Subject: Re: NetBSD-3 NIS-compat getpwnam()/getpwuid iterate entire map [was Re: 3.0 YP lookup latency]
To: Jonathan Stone <jonathan@Pescadero.dsg.stanford.edu>
From: Brian Ginsbach <ginsbach@NetBSD.org>
Date: 06/23/2006 17:05:30
On Wed, Jun 21, 2006 at 02:49:23PM -0700, Jonathan Stone wrote:
> In message <20060621205606.GC8444@NetBSD.org>Brian Ginsbach writes
> >It should be as simple as changing the above call to
> > rv = _passwdcompat_pwscan(&cpw,
> > cbuf, sizeof(cbuf),
> > search, name, uid);
> Nope (again, no value-judgment implied). See the comment one line
> above your fragment which says
> /* get next user */
Alright, then the comment is wrong for two of the possible three
cases for compat. It will get the next user if _compat_pwscan()
was called via getpwent/getpwent_r. Otherwise it should look up
by key -- the other two, i.e. getpwuid/getpwuid_r and getpwnam/getpwnam_r.

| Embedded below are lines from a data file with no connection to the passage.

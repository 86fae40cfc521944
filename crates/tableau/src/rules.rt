//! The alpha and beta rules: the parts (conjuncts) of conjunctions, and the cases of disjunctions.

pub mod compounds;
pub mod formulas;
pub mod laws;
pub mod parts;
pub mod split;
pub mod stands;
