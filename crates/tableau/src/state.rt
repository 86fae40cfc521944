//! The state of a branch: its entries with its variables and its classes, which follow the branch.

pub mod laws;
pub mod marks;

ghost use Rattle.std.specs.Prelude.{◌≡◌, ◌≤◌, ◌↔◌, ◌∷◌, [], ◌++◌, ℕ, List, length, map, take, slice_get, Some, IsTrue, IfOk, OnOk};
ghost use Rattle.term_pool.specs.declared.node.Node.{Node};
ghost use Rattle.tableau.specs.PoolBranches.{BranchData, branch_in, IsFormulaNumber, IsOver};
ghost use Rattle.congruence_closure.specs.Known.{IsOver as ClassesOver, AreInEntries};
ghost use Rattle.tableau.specs.Terms.{formula_number, AreClassesOf};
ghost use Rattle.tableau.specs.States.{HaveNumbers, IsState, Follows, AreMarks};

use crate::branch::PoolBranch;
use crate::entry::PoolEntry;
use crate::names::variables::Variables;
use crate::state::marks::{Marks, last_marks};
use base::memory::NoMemory;
use congruence_closure::branch_classes::BranchClasses;
use std::alloc::Global;
use std::mem;
use term_pool::pool::Pool;

/// The state of the branch that was followed last. Its classes follow separately, since many branches are closed
/// before the classes are needed.
#[derive(Drop)]
pub struct BranchState {
    pub entries: Vec<PoolEntry>,
    /// The variables of its entries.
    pub variables: Variables,
    /// The classes of the branch whose classes were followed last.
    pub classes: BranchClasses,
    // The entries that were added to the classes.
    classed: Vec<PoolEntry>,
    // For each entry the marks of the branch up to it.
    marks: Vec<Marks>,
}

// Decides whether the entry of the branch with this number is this one.
fn is_entry(branch: &PoolBranch, number: usize, entry: PoolEntry) -> bool
    ensures { IsTrue result ↔ (slice_get branch.now.entries number ≡ Some entry) }
{
    match branch.entry(number) {
        Some(other) => other == entry,
        None => false,
    }
}

// The length of the common prefix of these entries and the branch.
fn shared(entries: &[PoolEntry], branch: &PoolBranch) -> usize
    ensures within { result ≤ length entries.now }
    ensures same { take result entries.now ≡ take result branch.now.entries }
{
    for number in 0..entries.len() {
        if !is_entry(branch, number, entries[number]) {
            return number;
        }
    }
    entries.len()
}

// Returns the classes to which these entries were added.
fn classes_of(alloc: Global, pool: &Pool, entries: &[PoolEntry]) -> Result<BranchClasses, NoMemory>
    requires { HaveNumbers pool.now entries.now }
    ensures over { IfOk result (λ classes. ClassesOver pool.now classes) }
    ensures inside { IfOk result (λ classes. AreInEntries pool.now classes) }
    ensures entries { IfOk result (λ classes. classes.entries ≡ map formula_number entries.now) }
{
    let mut classes = BranchClasses::new(alloc);
    for entry in entries {
        classes = classes.with_entry(alloc, pool, entry.formula)?;
    }
    Ok(classes)
}

// Removes all entries but the first `count`.
fn leave(state: &mut BranchState, count: usize)
    ensures state { (ns : List Node) → IsState ns state.old → IsState ns state.new }
    ensures entries { state.new.entries.items ≡ take count state.old.entries.items }
{
    state.entries.truncate(count);
    state.variables.truncate(count);
    state.marks.truncate(count);
}

// Adds an entry at the end.
fn enter(state: &mut BranchState, entry: PoolEntry) -> Result<(), NoMemory>
    ensures state { (ns : List Node) → IsState ns state.old → IsFormulaNumber ns entry.formula → OnOk result (IsState ns state.new) }
    ensures entries { OnOk result (state.new.entries.items ≡ state.old.entries.items ++ entry ∷ []) }
{
    state.entries.push(entry)?;
    state.marks.push(last_marks(state.marks.as_slice()))?;
    Ok(())
}

// Rebuilds the classes from the first `count` of their entries.
fn leave_classes(
    state: &mut BranchState,
    alloc: Global,
    pool: &Pool,
    count: usize,
) -> Result<(), NoMemory>
    requires { IsState pool.now state.old }
    ensures state { OnOk result (IsState pool.now state.new) }
    ensures entries { state.new.entries ≡ state.old.entries }
    ensures classed { OnOk result (state.new.classed.items ≡ take count state.old.classed.items) }
{
    if state.classed.len() <= count {
        return Ok(());
    }
    state.classed.truncate(count);
    state.classes = classes_of(alloc, pool, state.classed.as_slice())?;
    Ok(())
}

// Adds an entry to the classes.
fn enter_classes(
    state: &mut BranchState,
    alloc: Global,
    pool: &Pool,
    entry: PoolEntry,
) -> Result<(), NoMemory>
    requires state { IsState pool.now state.old }
    requires formula { IsFormulaNumber pool.now entry.formula }
    ensures state { OnOk result (IsState pool.now state.new) }
    ensures entries { state.new.entries ≡ state.old.entries }
    ensures classed { OnOk result (state.new.classed.items ≡ state.old.classed.items ++ entry ∷ []) }
{
    let before = mem::replace(&mut state.classes, BranchClasses::new(alloc));
    state.classes = before.with_entry(alloc, pool, entry.formula)?;
    state.classed.push(entry)?;
    Ok(())
}

impl BranchState {
    /// Returns a state that follows no branch yet.
    pub fn new(alloc: Global) -> BranchState
        ensures { (ns : List Node) → IsState ns result }
    {
        BranchState {
            entries: Vec::new(alloc),
            variables: Variables::new(alloc),
            classes: BranchClasses::new(alloc),
            classed: Vec::new(alloc),
            marks: Vec::new(alloc),
        }
    }

    /// Follows the entries of the branch, with its marks: removes the entries that the branch does not have, and adds
    /// its further entries. The classes remain those of the branch before.
    ///
    /// # Errors
    ///
    /// Only if memory ran out. The state must not be used then.
    pub fn follow_entries(&mut self, pool: &Pool, branch: &PoolBranch) -> Result<(), NoMemory>
        requires state { IsState pool.now self.old }
        requires over { IsOver pool.now branch.now }
        ensures state { OnOk result (IsState pool.now self.new) }
        ensures follows { OnOk result (Follows branch.now self.new) }
    {
        let kept = shared(self.entries.as_slice(), branch);
        leave(self, kept);
        while let Some(entry) = branch.entry(self.entries.len()) {
            enter(self, entry)?;
        }
        Ok(())
    }

    /// Follows the branch with the classes alone. It takes the time of its further entries; if entries are removed, it
    /// rebuilds the classes of the remaining ones.
    ///
    /// # Errors
    ///
    /// Only if memory ran out. The state must not be used then.
    pub fn follow_classes(
        &mut self,
        alloc: Global,
        pool: &Pool,
        branch: &PoolBranch,
    ) -> Result<(), NoMemory>
        requires state { IsState pool.now self.old }
        requires over { IsOver pool.now branch.now }
        ensures state { OnOk result (IsState pool.now self.new) }
        ensures entries { OnOk result (self.new.entries ≡ self.old.entries) }
        ensures classes { OnOk result (AreClassesOf pool.now branch.now self.new.classes) }
    {
        let kept = shared(self.classed.as_slice(), branch);
        leave_classes(self, alloc, pool, kept)?;
        while let Some(entry) = branch.entry(self.classed.len()) {
            enter_classes(self, alloc, pool, entry)?;
        }
        Ok(())
    }

    /// Follows the branch with the whole state.
    ///
    /// # Errors
    ///
    /// Only if memory ran out. The state must not be used then.
    pub fn follow(
        &mut self,
        alloc: Global,
        pool: &Pool,
        branch: &PoolBranch,
    ) -> Result<(), NoMemory>
        requires state { IsState pool.now self.old }
        requires over { IsOver pool.now branch.now }
        ensures state { OnOk result (IsState pool.now self.new) }
        ensures follows { OnOk result (Follows branch.now self.new) }
        ensures classes { OnOk result (AreClassesOf pool.now branch.now self.new.classes) }
    {
        self.follow_entries(pool, branch)?;
        self.follow_classes(alloc, pool, branch)
    }

    /// The marks of the branch that was followed last.
    pub fn marks(&self) -> Marks
        ensures { (ns : List Node) (d : BranchData) → IsState ns self.now → Follows d self.now → AreMarks (branch_in ns d) result }
    {
        last_marks(self.marks.as_slice())
    }

    /// Sets the marks of the branch that was followed last.
    pub fn set_marks(&mut self, marks: Marks)
        ensures state { (ns : List Node) (d : BranchData) → IsState ns self.old → Follows d self.old → AreMarks (branch_in ns d) marks → IsState ns self.new }
        ensures follows { (d : BranchData) → Follows d self.old → Follows d self.new }
        ensures variables { self.new.variables ≡ self.old.variables }
        ensures classes { self.new.classes ≡ self.old.classes }
        ensures classed { self.new.classed ≡ self.old.classed }
    {
        let count = self.marks.len();
        if count > 0 {
            self.marks[count - 1] = marks;
        }
    }
}
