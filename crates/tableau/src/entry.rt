//! The entries of a branch.

use certificates::branches::origin::Origin;

/// An entry of a branch, with its formula by number.
#[derive(Clone, Copy, Debug, PartialEq, Eq)]
pub struct PoolEntry {
    /// The number of its formula in the pool.
    pub formula: usize,
    /// The number of gamma instances (instantiations) that led to it.
    pub generation: usize,
    /// The rule that added it.
    pub origin: Origin,
}
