//! Terms that formulas state to be whole numbers.

ghost use Rattle.std.specs.Prelude.{◌≡◌, MatchOption};
ghost use Rattle.base.specs.TypeData.{NumType};
ghost use Rattle.fol.specs.FormulaData.{TermData, IsFormula};
ghost use Rattle.tableau.specs.PoolBranches.{IsFormulaNumber};
ghost use Rattle.tableau.specs.Numbers.{formula_at};
ghost use Rattle.tableau.specs.WholeNumbers.{is_num_node, typed_parts, IsNumberSaid};

use term_pool::node::{Leaf, Node, Two};
use term_pool::pool::Pool;

// Decides whether a node is the type of whole numbers.
fn is_num_node(node: Node) -> bool
    ensures { result ≡ is_num_node node }
{
    match node {
        Node::Leaf(Leaf::TypeNum) => true,
        _ => false,
    }
}

// The type and the term of a formula stating that a term has a type.
fn typed_parts(node: Node) -> Option<(usize, usize)>
    ensures { result ≡ typed_parts node }
{
    match node {
        Node::Two(Two::Is, of, term) => Some((of, term)),
        _ => None,
    }
}

/// Returns the term that a formula states to be a whole number; `None` if the formula states this of no term.
pub fn number_said(pool: &Pool, formula: usize) -> Option<usize>
    requires { IsFormulaNumber pool.now formula }
    ensures { MatchOption result ((t : TermData) → formula_at pool.now formula ≡ IsFormula NumType t → ⊥) (IsNumberSaid pool.now formula) }
{
    let Some(node) = pool.node(formula) else {
        return None;
    };
    let Some((of, term)) = typed_parts(node) else {
        return None;
    };
    let Some(of_node) = pool.node(of) else {
        return None;
    };
    if is_num_node(of_node) {
        return Some(term);
    }
    None
}
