//! The branch of a tableau over a pool of terms: its entries, the rules that extend it, its Skolem names, and its
//! aliasing (overlapping) memories.
#![tactic(auto)]

pub mod aliasing;
pub mod branch;
pub mod entry;
pub mod laws;
pub mod log;
mod marking;
pub mod names;
pub mod rules;
pub mod state;
pub mod whole_numbers;
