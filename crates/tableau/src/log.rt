//! A log of the values of numbers: it returns the last value in constant time, and changes can be undone.

ghost use Rattle.std.specs.Prelude.{◌≡◌, ◌<◌, ◌≤◌, [], ◌∷◌, ◌++◌, length, take, OnOk};
ghost use Rattle.tableau.specs.Logs.{value_in, change_of, IsWider};

use base::memory::NoMemory;
use std::alloc::Global;
use std::marker::Model;

/// A change: a number got a value, and had another one before.
#[derive(Clone, Copy, Debug, PartialEq, Eq)]
pub struct Change {
    pub number: usize,
    pub value: usize,
    pub before: Option<usize>,
}

/// The changes, in order.
#[derive(Drop)]
pub struct Log {
    // The value of each number, by index.
    values: Vec<Option<usize>>,
    changes: Vec<Change>,
}

impl Model for Log {
    ghost use Rattle.std.specs.Prelude.{List};
    ghost use Rattle.tableau.specs.Logs.{IsIndexed};
    ghost use Rattle.tableau.specs.declared.log.Change.{Change};

    ghost Value = { List Change };

    ghost view = { λ l. l.changes.items };

    ghost invariant = { λ l. IsIndexed l.changes.items l.values.items };
}

// Extends the values to the numbers below the limit.
fn widen(values: &mut Vec<Option<usize>>, limit: usize) -> Result<(), NoMemory>
    ensures wider { IsWider values.old.items values.new.items }
    ensures long { OnOk result (limit ≤ length values.new.items) }
{
    if values.len() >= limit {
        return Ok(());
    }
    values.resize(limit, None)?;
    Ok(())
}

impl Log {
    /// A log without changes.
    pub fn new(alloc: Global) -> Log
        ensures { result ≡ [] }
    {
        Log {
            values: Vec::new(alloc),
            changes: Vec::new(alloc),
        }
    }

    /// The number of changes.
    pub fn len(&self) -> usize
        ensures { result ≡ length self.now }
    {
        self.changes.len()
    }

    /// The last value of the number; none if it has no value.
    pub fn value(&self, number: usize) -> Option<usize>
        ensures { result ≡ value_in self.now number }
    {
        match self.values.get(number) {
            Some(value) => *value,
            None => None,
        }
    }

    /// Gives a number a value; all numbers are below the limit.
    pub fn write(&mut self, limit: usize, number: usize, value: usize) -> Result<(), NoMemory>
        requires { number < limit }
        ensures { OnOk result (self.new ≡ self.old ++ change_of self.old number value ∷ []) }
    {
        widen(&mut self.values, limit)?;
        let before = self.values[number];
        self.changes.push(Change {
            number,
            value,
            before,
        })?;
        self.values[number] = Some(value);
        Ok(())
    }

    /// Undoes all changes but the first `count`.
    pub fn truncate(&mut self, count: usize)
        ensures { self.new ≡ take count self.old }
    {
        while self.changes.len() > count {
            if let Some(change) = self.changes.pop() {
                self.values[change.number] = change.before;
            }
        }
    }
}
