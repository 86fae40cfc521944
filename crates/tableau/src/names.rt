//! The delta rule: Skolem names for the variables of existential formulas.

mod existentials;
pub mod laws;
pub mod variables;

ghost use Rattle.std.specs.Prelude.{OnOk, IfOk, MatchOption};
ghost use Rattle.term_pool.specs.Pools.{Extends};
ghost use Rattle.tableau.specs.PoolBranches.{branch_in, IsOver};
ghost use Rattle.tableau.specs.Variables.{AreAbove};
ghost use Rattle.tableau.specs.Names.{NoName, NoNameBefore, IsNameStep};

use crate::branch::PoolBranch;
use crate::names::existentials::{named, next_unnamed};
use crate::names::variables::Variables;
use base::memory::NoMemory;
use std::alloc::Global;
use term_pool::pool::Pool;

/// An application of the delta rule: an entry, a name for the variable that it binds, and the instance for the name.
#[derive(Clone, Copy)]
pub struct NameStep {
    /// The number of the entry.
    pub entry: usize,
    /// The number of the variable that is the name.
    pub variable: u32,
    /// The number of the instance, which is added.
    pub formula: usize,
}

/// Finds the first entry at which a name is due, with the name and the instance of the entry for it; none if no name
/// is due. The search begins at entry `from`.
pub fn next_name(
    alloc: Global,
    pool: &mut Pool,
    branch: &PoolBranch,
    variables: &mut Variables,
    from: usize,
) -> Result<Option<NameStep>, NoMemory>
    requires over { IsOver pool.old branch.now }
    requires above { AreAbove pool.old branch.now.entries variables.old }
    requires before { NoNameBefore (branch_in pool.old branch.now) from }
    ensures extends { Extends pool.old pool.new }
    ensures above { OnOk result (AreAbove pool.new branch.now.entries variables.new) }
    ensures due { IfOk result (λ found. MatchOption found (NoName (branch_in pool.new branch.now)) (IsNameStep pool.new (branch_in pool.new branch.now))) }
{
    let above = variables.above_all(pool, branch)?;
    // Variables are numbers of 32 bits.
    let Ok(variable) = u32::try_from(above) else {
        return Ok(None);
    };
    let Some(found) = next_unnamed(pool, branch, variables, from) else {
        return Ok(None);
    };
    let formula = named(alloc, pool, found.existential, variable)?;
    Ok(Some(NameStep {
        entry: found.entry,
        variable,
        formula,
    }))
}
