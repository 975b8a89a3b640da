// Opening a block: what is asked for it, and the change.
ghost use Rattle.std.specs.Prelude.{true, ◌≡◌, ◌+◌, ◌≤◌, length, replicate};
ghost use Rattle.blocks.specs.Opening.{MayOpenFor};
ghost use Rattle.geometry.specs.Address.{is_domain_id};
ghost use Rattle.geometry.specs.Questions.{first_no};
ghost use Rattle.model.specs.Blocks.{opened};
ghost use Rattle.model.specs.declared.table.Table.{Table};
ghost use Rattle.rules.specs.Blocks.{all_ones, with_last};
ghost use Rattle.scan.specs.Summary.{Seen, Sees};
ghost use Rattle.tables.specs.Verdicts.{new_blocks_questions, verdict_number};

use buffers::ALL_ONES;
use geometry::Config;
use model::{Block, Domain, Refusal, Way};
use scan::{Summary, covered_with};
use tables::{ask, reserved_by, serials_left, within_quota};

// ---- The questions

// 12 to 14: are there serials, quota and coverage for so many new serials and blocks?
#[tactic(auto, using(tables::proofs::Refusals::refusal_positive), unfolding(geometry::specs::Questions::first_no))]
pub fn new_blocks_verdict(
    summary: Summary,
    domain: u64,
    serials: u32,
    blocks: u64,
) -> Result<(), Refusal>
    requires seen { Seen domain summary × (summary.sound ≡ true) }
    requires domain_value { (is_domain_id domain ≡ true) × (blocks ≤ 256) }
    ensures { (t : Table) → Sees t domain summary → verdict_number result ≡ first_no (new_blocks_questions t domain serials blocks) }
{
    let d = summary.domain;
    let after = summary.held + blocks;
    let covered = covered_with(summary, domain, reserved_by(d), after);
    ask(serials_left(d, serials), Refusal::Serials)?;
    ask(within_quota(d, after), Refusal::Quota)?;
    ask(covered, Refusal::Coverage)
}

// ---- The change

// The new records of a block that is opened and of the domain that it is opened for.
#[derive(Clone, Copy)]
pub struct Opened {
    pub block: Block,
    pub owner: Domain,
}

fn with_last(domain: Domain, last: u32) -> Domain
    ensures { result ≡ with_last last domain }
{
    Domain { last, ..domain }
}

// A block is opened for the domain, and the entries of its stretch become all ones.
pub fn opened_for(
    config: Config,
    owner: Domain,
    domain: u64,
    way: Way,
    block: Block,
    stretch: &mut [u64],
) -> Opened
    requires { MayOpenFor config owner domain }
    ensures { (result.block ≡ opened domain way (owner.last + 1) config.period block) × (result.owner ≡ with_last (owner.last + 1) owner) × (stretch.new ≡ replicate (length stretch.old) all_ones) }
{
    stretch.fill(ALL_ONES);
    let serial = owner.last + 1;
    Opened {
        block: block.opened(domain as u8, way, serial, config.period as u32),
        owner: with_last(owner, serial),
    }
}
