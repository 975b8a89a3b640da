// Erase.
ghost use Rattle.std.specs.Prelude.{false, true, List, ◌≡◌, ℕ, ◌≤◌, eqb, length};
ghost use Rattle.blocks.specs.Erasing.{block_questions, erase_questions, erased_of, new_erased};
ghost use Rattle.geometry.specs.Address.{is_domain_id};
ghost use Rattle.geometry.specs.Questions.{first_no};
ghost use Rattle.model.specs.declared.command.Command.TheVariants.{Erase};
ghost use Rattle.model.specs.declared.table.Table.{Table};
ghost use Rattle.rules.specs.Blocks.{any_block};
ghost use Rattle.scan.specs.First.{FirstPassed};
ghost use Rattle.scan.specs.Summary.{Seen, Sees, SeesBlock, SeesChoice};
ghost use Rattle.tables.specs.Changing.{outcome_from, outcome_served};
ghost use Rattle.tables.specs.Serving.{ServesCommand, served};
ghost use Rattle.tables.specs.Verdicts.{verdict_number};

use crate::opening::{new_blocks_verdict, opened_for};
use geometry::{adus_per_block, stretch_start};
use model::{Answer, Refusal, Way};
use scan::Summary;
use tables::{
    Outcome, ask, is_closed, is_free, is_held, may_open, opening_change, refusal, unchanged,
};

// Erase leaves the choice to the manager: the command set's own number for that, which a host sends.
pub const ANY_BLOCK: u64 = 0xffff_ffff;

// ---- The questions

// 6, 9 and 10: is the number in range, and the block the domain's to erase?
#[tactic(auto, using(tables::proofs::Refusals::refusal_positive), unfolding(geometry::specs::Questions::first_no, crate::specs::Erasing::block_questions))]
fn erase_block_verdict(summary: Summary, domain: u64, block: u64) -> Result<(), Refusal>
    ensures { verdict_number result ≡ first_no (block_questions summary domain block) }
{
    let b = summary.block;
    let any = block == ANY_BLOCK;
    let own = is_held(b, domain);
    ask((block < summary.config.blocks) | any, Refusal::Range)?;
    ask(any | is_free(b) | own, Refusal::Holder)?;
    ask(any | !own | is_closed(b), Refusal::BlockState)
}

// A held block that is opened again isn't new.
fn new_of_erase(summary: Summary, domain: u64, block: u64) -> u64
    ensures { (result ≡ new_erased summary domain block) × (result ≤ 1) }
{
    let b = summary.block;
    if (block != ANY_BLOCK) & is_held(b, domain) {
        0
    } else {
        1
    }
}

// 6 to 14.
#[tactic(auto, using(tables::proofs::Refusals::refusal_positive), unfolding(geometry::specs::Questions::first_no, crate::specs::Erasing::block_questions, crate::specs::Erasing::erase_questions))]
fn erase_verdict(summary: Summary, domain: u64, block: u64) -> Result<(), Refusal>
    requires seen { Seen domain summary × (summary.sound ≡ true) }
    requires domain_value { is_domain_id domain ≡ true }
    ensures { (t : Table) → Sees t domain summary → verdict_number result ≡ first_no (erase_questions t summary domain block) }
{
    let d = summary.domain;
    let new = new_of_erase(summary, domain, block);
    erase_block_verdict(summary, domain, block)?;
    ask(may_open(d, summary.opened), Refusal::OpenLimit)?;
    new_blocks_verdict(summary, domain, 1, new)
}

// ---- The change

// The block that Erase opens: that of the number, or for FFFFFFFFh the chosen one.
fn erased_block(summary: Summary, block: u64) -> Option<u64>
    ensures { result ≡ erased_of summary block }
{
    if block == ANY_BLOCK {
        return summary.found;
    }
    Some(block)
}

// Opens a block with entries of all ones. Where none is found none is opened.
pub fn erase(
    summary: Summary,
    domain: u64,
    block: u64,
    store: &mut [u64],
) -> Result<Outcome, Refusal>
    requires sees { (t : Table) × Sees t domain summary × (eqb block any_block ≡ false → SeesBlock t block summary) × (eqb block any_block ≡ true → SeesChoice t summary) }
    requires first_passed { FirstPassed (Erase domain block) (length store.old) summary }
    ensures { (t : Table) (words bytes : List ℕ) → Sees t domain summary → (eqb block any_block ≡ false → SeesBlock t block summary) → (eqb block any_block ≡ true → SeesChoice t summary) → ServesCommand t (Erase domain block) store.old words bytes (served (outcome_served t (outcome_from result)) store.new words bytes) }
{
    erase_verdict(summary, domain, block)?;
    match erased_block(summary, block) {
        None => Ok(unchanged(Answer::Done)),
        Some(n) => {
            let config = summary.config;
            let first = stretch_start(config, n).0 as usize;
            let end = first + adus_per_block(config).0 as usize;
            let stretch = &mut store[first..end];
            let opened = opened_for(
                config,
                summary.domain,
                domain,
                Way::Erase,
                summary.block,
                stretch,
            );
            Ok(Outcome {
                answer: Answer::Block(n),
                change: opening_change(n, opened.block, domain, opened.owner),
            })
        }
    }
}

I'm going to change the comment to:
/* get next user or lookup by key */
> For a request where we have the key, we should *not* "get the next user":
> we should do a lookup by key, rather than iterate over all
> users in the compat map.
Agreed. I'll give Luke credit that he had everything set up correctly --
recall it did work, just slowly -- but forgot that the compat backends
maybe able to do a direct key lookup. The compat "database" is really
a superset of the "files" database.
> Your suggested fix probably does cure the immediate problem; but (on
> several aspects) it leaves the code in a state well below our par for
> code quality. One aspect is that that the comments don't match
> reality. Another is that we're relying on an (undocumented/uncommented) implementation
> artifact of the internal helper functions. Yet another is that the (single) loop
> in _compat_pwscan() is used to both loop the local file with +/= entries;
> and also (mis)used to loop over the entries in
> the compat source, for non-key lookups.
I disagree about the quality. Again, I'll give Luke credit. I
will agree that the addition of the state machinery did muck up
the works. I maintain that _compat_pwscan() is not misused to loop
over the entries for non-key lookups. Why duplicate logic that
would need to be the same for both the iterator (getpwent) and key
lookups (getpwuid or getpwnam). The iterator needs to apply the
same +/- (and by extension @, netgroup) overrides as the key lookups.
> I submit that those flaws have contributed to the bug under discussion.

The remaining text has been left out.